Multi-Site Organoboron Catalysts Enable Sequence-Regulated Terpolymerization of Epoxides, CO2, and β-Propiolactone via Intermolecular Chain Shuttling.

Sequence regulation in synthetic polymers is essential for tailoring material properties; however, achieving precise control in polycarbonate-polyhydroxyalkanoate (PC-PHA) terpolymers derived from epoxides, CO₂, and β-lactones remains challenging. Current metal-based catalysts lack multisite strategies for sequence diversification, limiting the formation of gradient architectures. This study employed mononuclear (catalyst 1) and dinuclear (catalyst 2) organoboron catalysts to mediate the terpolymerization of epoxides, CO₂, and β-propiolactone (BPL). Kinetic analysis, NMR spectroscopy, and a chain-shuttling approach with mixed catalysts were utilized to regulate sequences.

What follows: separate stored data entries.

//! The limits of the files that a call reads, for readers: each function does nothing, and its clauses say
//! what comes of the last size that is taken, and of the first one that is not.

ghost use Rattle.std.specs.Prelude.{◌≡◌, ◌<◌, ◌≤◌, ◌^◌, ℕ, List, [], length, Some, Err};
ghost use Rattle.ct_select.specs.FailedLog.{failed_in};
ghost use Rattle.ct_app.specs.Rerun.{names_in_text};
ghost use Rattle.ct_app.specs.SpecFile.{declared_by, declared_in};
ghost use Rattle.ct_app.specs.declared.outcome.SpecRefusal.TheVariants.{TooLong};

/// A log of at most 64 MiB counts, and one of a byte more counts as empty.
pub fn a_log_of_64_mib_counts()
    ensures last { (text : List ℕ) → length text ≤ 2 ^ 26 → names_in_text (Some text) ≡ failed_in text }
    ensures first { (text : List ℕ) → 2 ^ 26 < length text → names_in_text (Some text) ≡ [] }
{}

/// A specification of at most 16 MiB is read, and one of a byte more is refused.
pub fn a_specification_of_16_mib_is_read()
    ensures last { (text : List ℕ) → length text ≤ 2 ^ 24 → declared_in (Some text) ≡ declared_by text }
    ensures first { (text : List ℕ) → 2 ^ 24 < length text → declared_in (Some text) ≡ Err TooLong }
{}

Key findings indicated: i) Catalyst 1 preferentially promoted β-propiolactone ring-opening polymerization (ROP), forming tapered P3HP-b-PC blocks, whereas catalyst 2 enhanced epoxide/CO₂ ring-opening copolymerization (ROCOP), yielding PC-b-P3HP; ii) Boron centers kinetically suppressed ROP but increased ROCOP efficiency; iii) Mixed 1 and 2 catalysts enabled intermolecular chain shuttling, synthesizing gradient PC-grad-P3HP terpolymers; and iv) Terpolymer compositions modulated thermal properties from amorphous to crystalline. This work establishes the first metal-free, chain-shuttling platform for sequence-regulated PC-PHA terpolymers, extending the scope of programmable biodegradable materials beyond metal-catalyzed systems.